Corn has a similar story. A lot of corn won’t make export quality, and in some cases isn’t good enough for feed operations. Elevators look at current basis values, values for deferred slots, and at the futures carries. They see cash carries of 30 or more for six months down the road in some markets, well after 2010 crop corn has been harvested. Most of that carry comes from the futures spread, July10/December10 CBT corn futures show about 29-30 carry. Imagine, merchandisers can sell basis for harvest or perhaps January 2011, earn 30 or more, and blend lower quality old-corn with new-crop.

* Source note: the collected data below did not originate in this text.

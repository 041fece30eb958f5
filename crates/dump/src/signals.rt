// What a dump has of the motors in use: their two outputs, On before Off, as signals by number.
ghost use Rattle.std.specs.Prelude.{◌≡◌, ◌≤◌, ◌<◌, ◌*◌, [], ◌∷◌, length, take};
ghost use Rattle.report.specs.Puts.{Puts};
ghost use Rattle.vcd.specs.Text.{code_of, wires_from, values_from, change_line, changes_from};
ghost use Rattle.dump.specs.Dump.{motor_signals, signals_of, opening};
ghost use Rattle.dump.specs.Signals.{timed_by, due_after};

use interpreter::Bench;
use report::Page;
use vcd::{Output, put_frame_end, put_frame_start, put_time, put_value, put_wire};

// The code of a signal.
#[tactic(auto, unfolding(vcd::specs::Text::code_of))]
fn code(signal: usize) -> u8
    requires { signal < 64 }
    ensures { code_of signal ≡ result ∷ [] }
{
    33 + signal as u8
}

// A bench is taken by value: only so is a proof told the lengths of its arrays. `few` is for `finish`, which has a reference.
#[tactic(auto, using(report::proofs::PutLaws::all_left, interpreter::proofs::ActLaws::used, crate::proofs::AdvanceLaws::few, crate::proofs::SignalLaws::wires_put, crate::proofs::SignalLaws::wires_end), unfolding(rules::specs::Refusals::most_motors))]
fn put_wires(page: &mut Page, bench: Bench)
    ensures put { Puts page.old (wires_from 0 1 (length (take bench.count bench.motors))) page.new }
    ensures few { length (take bench.count bench.motors) ≤ 32 }
{
    for i in 0..bench.held() {
        put_wire(page, Output::On, code(2 * i), i as u32 + 1);
        put_wire(page, Output::Off, code(2 * i + 1), i as u32 + 1);
    }
}

#[tactic(auto, using(report::proofs::PutLaws::all_left, interpreter::proofs::ActLaws::take_used, crate::proofs::SignalLaws::values_put, crate::proofs::SignalLaws::values_end), unfolding(rules::specs::Refusals::most_motors))]
fn put_values(page: &mut Page, bench: Bench)
    ensures { Puts page.old (values_from 0 (signals_of (take bench.count bench.motors))) page.new }
{
    for (i, m) in bench.motors[..bench.held()].iter().enumerate() {
        put_value(page, code(2 * i), m.output.state == 1);
        put_value(page, code(2 * i + 1), m.output.state == 2);
    }
}

// Header and #0.
pub(crate) fn put_opening(page: &mut Page, bench: &Bench)
    ensures put { Puts page.old (opening (take bench.now.count bench.now.motors)) page.new }
    ensures few { length (take bench.now.count bench.now.motors) ≤ 32 }
{
    put_frame_start(page);
    put_wires(page, *bench);
    put_frame_end(page);
    put_time(page, 0);
    put_values(page, *bench);
}

// A signal that changed, after the scan's time if that is still to be put. The answer is the time that is to be put after it.
#[tactic(auto, using(report::proofs::PutLaws::puts_none), unfolding(vcd::specs::Opened::opened, crate::specs::Signals::timed_by, crate::specs::Signals::due_after))]
fn put_change(page: &mut Page, due: Option<u32>, code: u8, before: bool, after: bool) -> Option<u32>
    ensures put { Puts page.old (timed_by due (change_line (code ∷ []) before after)) page.new }
    ensures due { result ≡ due_after due (change_line (code ∷ []) before after) }
{
    if before == after {
        return due;
    }
    if let Some(time) = due {
        put_time(page, time);
    }
    put_value(page, code, after);
    None
}

// The same of both signals of the motor at index i, by the states of its output.
pub(crate) fn put_changes(
    page: &mut Page,
    due: Option<u32>,
    i: usize,
    before: u32,
    after: u32,
) -> Option<u32>
    requires { i < 32 }
    ensures put { Puts page.old (timed_by due (changes_from (2 * i) (motor_signals before) (motor_signals after))) page.new }
    ensures due { result ≡ due_after due (changes_from (2 * i) (motor_signals before) (motor_signals after)) }
{
    // most motors change nothing, and this one test tells
    if before == after {
        return due;
    }
    let due = put_change(page, due, code(2 * i), before == 1, after == 1);
    put_change(page, due, code(2 * i + 1), before == 2, after == 2)
}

That’s a lot of potential revenue.
Wide futures carries are indeed sending signals to warehousemen to buy and hold wheat and corn, with the added prospect of raising quality by blending with better quality new-crop stocks.
Other merchandisers have focused on what volume of “good” corn or wheat it will take to blend off their bad stocks. Some have been aggressive, bidding above competition for new-crop to ensure sufficient inventory for blending later. Spreadsheets can help calculate just what quantities they need.

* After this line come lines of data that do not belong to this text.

// Runs of I and S lines, which touch the words, the motors, the count of scans and the time.
ghost use Rattle.std.specs.Prelude.{◌≡◌, length};
ghost use Rattle.rules.specs.Refusals.{one_refusal, table_refusal, table_after};
ghost use Rattle.rules.specs.Steps.{step};
ghost use Rattle.sheet.specs.declared.Request.TheVariants.{Scan as S};
ghost use Rattle.report.specs.Puts.{Puts};
ghost use Rattle.interpreter.specs.State.{refusal_for, view_of, held_of};
ghost use Rattle.course.specs.Walk.{Scans};
ghost use Rattle.vcd.specs.Text.{timed, changes_from};
ghost use Rattle.dump.specs.Dump.{signals_of};
ghost use Rattle.dump.specs.Advance.{dump_walk};

use crate::Recording;
use crate::signals::{put_changes, put_opening};
use course::Course;
use interpreter::{Bench, Inputs, next_number, next_scan};
use report::Page;
use rules::Motor;
use status::switches::read;

// A motor through a scan that is accepted. At rest its status alone is reckoned, and written. It is the body of print's loop, which counts
// the totals too: a dump has none.
#[tactic(auto, using(rules::proofs::Resting::resting, rules::proofs::Tables::one_accepted), unfolding(rules::specs::Record::with_status))]
fn step(m: &mut Motor, word: u32, period: u32)
    requires { one_refusal m.old word period ≡ 0 }
    ensures { m.new ≡ step m.old word period }
{
    let settings = m.settings;
    let v = m.status;
    if motor::is_resting(settings, v, m.output, word) {
        m.status = motor::rest(settings, v, word, read(settings, word));
    } else {
        *m = motor::scan(*m, word, period).unwrap();
    }
}

// A scan of the motors in use, which is accepted: each is scanned where it stands, since handing on the records copies them, and what the scan
// changed of it is put. It is not `table::scan`, for speed: that tests their range again, and takes a motor at rest through all steps.
fn scan_all(motors: &mut [Motor], words: &[u32], period: u32, time: u32, page: &mut Page)
    requires { table_refusal motors.old words.now period ≡ 0 }
    ensures scanned { motors.new ≡ table_after motors.old words.now period }
    ensures put { Puts page.old (timed time (changes_from 0 (signals_of motors.old) (signals_of motors.new))) page.new }
{
    let mut due = Some(time);
    // of records that are lent behind an adapter, as zip, nothing would be known afterwards
    for i in 0..motors.len() {
        let m = &mut motors[i];
        let before = m.output.state;
        step(m, words[i], period);
        due = put_changes(page, due, i, before, m.output.state);
    }
}

// How many motors are in use, by the bench as a value (see `put_wires`).
#[tactic(auto, unfolding(rules::specs::Refusals::most_motors))]
fn in_use(bench: Bench) -> usize
    ensures held { result ≡ held_of bench }
    ensures motors { length bench.motors ≡ 32 }
    ensures words { length bench.words ≡ 32 }
{
    bench.held()
}

impl Recording {
    // The I and S lines from here on, up to the first line that is refused or of another kind, and as long as there is room. It is a function
    // of its own beside the print's, which prints each motor as it is scanned, and counts its totals: here what changed is put.
    #[tactic(auto, unfolding(rules::specs::Refusals::most_motors))]
    pub(crate) fn scan_lines(&mut self, file: &[u8], page: &mut Page)
        requires { refusal_for (view_of self.old.bench) (S 1) ≡ 0 }
        ensures { Scans dump_walk file.now self.old page.old self.new page.new }
    {
        let held = in_use(self.bench);
        // the lines' numbers are of no use to a dump
        let mut inputs = Inputs {
            words: self.bench.words,
            at: self.at,
            line: 0,
        };
        while Recording::MOST_PUT <= page.room() {
            inputs.take(file, self.bench.count);
            let Some((period, next)) = next_scan(file, inputs.at) else {
                break;
            };
            let time = totals::plus(self.time, period);
            let is_first = self.bench.scans == 0;
            if is_first {
                put_opening(page, &self.bench);
            }
            scan_all(
                &mut self.bench.motors[..held],
                &inputs.words[..held],
                period,
                time,
                page,
            );
            self.time = time;
            self.bench.scans = next_number(self.bench.scans);
            inputs.at = next;
        }
        self.bench.words = inputs.words;
        self.at = inputs.at;
    }
}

Charts and spreadsheets show that owning hedged wheat is the logical use of space, and owning hedged corn should at least turn out OK (if there are blending gains to be earned). Market letters and comments these days talk about the global surplus of wheat and how the United States is becoming the residual warehouse to the world, paid to carry unwanted wheat. Everyone’s bombarded with market signals. This is where “CS” needs to weigh in.
Don’t count your chickens
Going into harvest with large quantities of off-grade wheat or corn may turn out much different than expected if problems arise with the 2010 crop. That could leave elevators dealing with two problem crops instead of one. And remote as it may seem, there is always the risk that the futures carries could vanish. Then all those carefully projected returns could vanish.

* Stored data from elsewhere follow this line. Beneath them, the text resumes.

// The metadata, decoded into the fields of `metadata.rs`.
#![tactic(auto)]

ghost use Rattle.std.specs.Prelude.{◌≡◌};
ghost use Rattle.metadata.specs.Names.{field_of};
ghost use Rattle.metadata.specs.Metadata.{key_at, pair_at, whole_of, gather, none_seen, metadata_of};

use charge::{Charge, count_payload, reserve_values};
use control::Kind;
use fields::{Got, decode_direct};
use key::{read_str_as_bytes, same};
use skip::{Past, skip_value};
use stored::resolved;

const MAXIMUM_UNCHARGED_IDENTIFIER_BYTES: usize = 32;

// The kind of each field, in the order of `metadata.rs`.
const WANTED: [Kind; 9] = [
    Kind::U16,
    Kind::U16,
    Kind::U64,
    Kind::Text,
    Kind::Map,
    Kind::U16,
    Kind::Array,
    Kind::U32,
    Kind::U16,
];

// A key of the map: the number of the field that it names, if any, and where its value begins.
#[derive(Clone, Copy)]
pub struct Key {
    pub field: Option<usize>,
    pub next: usize,
    pub charge: Charge,
}

// A field with its value, or a pair of another key, which was passed over.
#[derive(Clone, Copy)]
pub enum Pair {
    Known { field: usize, got: Got },
    Other(Past),
}

// A field: its number, or how many bytes or entries it has, and where its payload begins.
#[derive(Clone, Copy)]
pub struct Field {
    pub value: u64,
    pub place: usize,
}

// Where the bytes or the entries of a field begin in the section, and how many there are.
#[derive(Clone, Copy)]
pub struct Part {
    pub from: usize,
    pub size: usize,
}

impl From<Field> for Part {
    ghost from_gives = { λ field part. part ≡ record { from = field.place; size = field.value } };

    fn from(field: Field) -> Part {
        Part {
            from: field.place,
            size: field.value as usize,
        }
    }
}

// `database` is the text of the database type; a description's size counts its pairs.
#[derive(Clone, Copy)]
pub struct Metadata {
    pub major: u64,
    pub minor: u64,
    pub build: u64,
    pub database: Part,
    pub description: Part,
    pub version: u64,
    pub languages: Part,
    pub nodes: u64,
    pub size: u64,
}

#[tactic(auto, unfolding(crate::specs::Names::field_of, crate::specs::Names::bytes))]
fn field_of(key: &[u8]) -> Option<usize>
    ensures { result ≡ field_of key.now }
{
    if same(key, b"binary_format_major_version") {
        Some(0)
    } else if same(key, b"binary_format_minor_version") {
        Some(1)
    } else if same(key, b"build_epoch") {
        Some(2)
    } else if same(key, b"database_type") {
        Some(3)
    } else if same(key, b"description") {
        Some(4)
    } else if same(key, b"ip_version") {
        Some(5)
    } else if same(key, b"languages") {
        Some(6)
    } else if same(key, b"node_count") {
        Some(7)
    } else if same(key, b"record_size") {
        Some(8)
    } else {
        None
    }
}

#[tactic(auto, using(key::proofs::KeyLaws::name_inside), unfolding(crate::specs::Metadata::key_at))]
fn deserialize_identifier(s: &[u8], at: usize, c: Charge) -> Option<Key>
    ensures { result ≡ key_at s.now at c }
{
    let name = read_str_as_bytes(s, at)?;
    let field = field_of(&s[name.from..name.from + name.size]);
    let charged = name.size.saturating_sub(MAXIMUM_UNCHARGED_IDENTIFIER_BYTES);
    let charge = count_payload(c, charged)?;
    Some(Key {
        field,
        next: name.next,
        charge,
    })
}

#[tactic(auto, using(crate::proofs::MetadataLaws::key_small), unfolding(crate::specs::Metadata::pair_at))]
fn next_pair(s: &[u8], at: usize, c: Charge) -> Option<Pair>
    ensures { result ≡ pair_at s.now at c }
{
    let key = deserialize_identifier(s, at, c)?;
    let Some(field) = key.field else {
        let past = skip_value(s, key.next, key.charge)?;
        return Some(Pair::Other(past));
    };
    let got = decode_direct(s, WANTED[field], key.next, key.charge)?;
    Some(Pair::Known { field, got })
}

#[tactic(auto, using(crate::proofs::MetadataLaws::whole_missing), unfolding(crate::specs::Metadata::whole_of, crate::specs::Metadata::all_seen))]
fn whole(fields: [Option<Field>; 9]) -> Option<Metadata>
    ensures { result ≡ whole_of fields }
{
    let [
        major,
        minor,
        build,
        database,
        description,
        version,
        languages,
        nodes,
        size,
    ] = fields;
    Some(Metadata {
        major: major?.value,
        minor: minor?.value,
        build: build?.value,
        database: Part::from(database?),
        description: Part::from(description?),
        version: version?.value,
        languages: Part::from(languages?),
        nodes: nodes?.value,
        size: size?.value,
    })
}

#[tactic(auto, using(crate::proofs::MetadataLaws::gather_known, crate::proofs::MetadataLaws::gather_twice, crate::proofs::MetadataLaws::gather_other, crate::proofs::MetadataLaws::gather_stop, crate::proofs::MetadataLaws::gather_none, crate::proofs::MetadataLaws::pair_small))]
fn visit_map(s: &[u8], pairs: usize, first: usize, c: Charge) -> Option<Metadata>
    ensures { result ≡ gather (pair_at s.now) pairs first c none_seen }
{
    let mut fields: [Option<Field>; 9] = [None; 9];
    let mut past = Past {
        next: first,
        charge: c,
    };
    for _ in 0..pairs {
        match next_pair(s, past.next, past.charge)? {
            Pair::Known { field, got } => {
                if fields[field].is_some() {
                    return None;
                }
                fields[field] = Some(Field {
                    value: got.value,
                    place: got.place,
                });
                past = Past {
                    next: got.next,
                    charge: got.charge,
                };
            }
            Pair::Other(other) => past = other,
        }
    }
    whole(fields)
}

// The fields of a metadata section.
#[tactic(auto, using(crate::proofs::MetadataLaws::resolved_small), unfolding(crate::specs::Metadata::metadata_of))]
pub fn deserialize(s: &[u8]) -> Option<Metadata>
    ensures { result ≡ metadata_of s.now }
{
    let l = resolved(s, 0)?;
    if l.kind != Kind::Map {
        return None;
    }
    let charge = reserve_values(Charge::default(), l.size * 2)?;
    visit_map(s, l.size, l.payload, charge)
}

The “CS” decision may still be to carry old-crop grain into new-crop. But CS may tell you to quit counting chickens before they’re hatched. The big and unanswered question in the decision is the cost if the futures carries vanish. What if there is an unexpected wheat crop failure in the former Soviet Union, or Australia? Turning down $1.05 for a 12-month Chicago wheat carry, betting on something closer to $1.70, or turning down 95% of full carry in KC, could suddenly turn into a very costly mistake. As impossible as it may sound, corn spreads could also narrow quickly if the U.S. 2010 crop turns out short, or if China buys enough U.S. corn to sharply reduce ending stocks in 2011.
CS says to lock in excellent futures carries if you plan to hold the hedged inventory, or at least protect the carry on most of the inventory. Use charts and spreadsheets to analyze the numbers, and listen to the market recommendations, but use common sense to add perspective and to frame your decisions.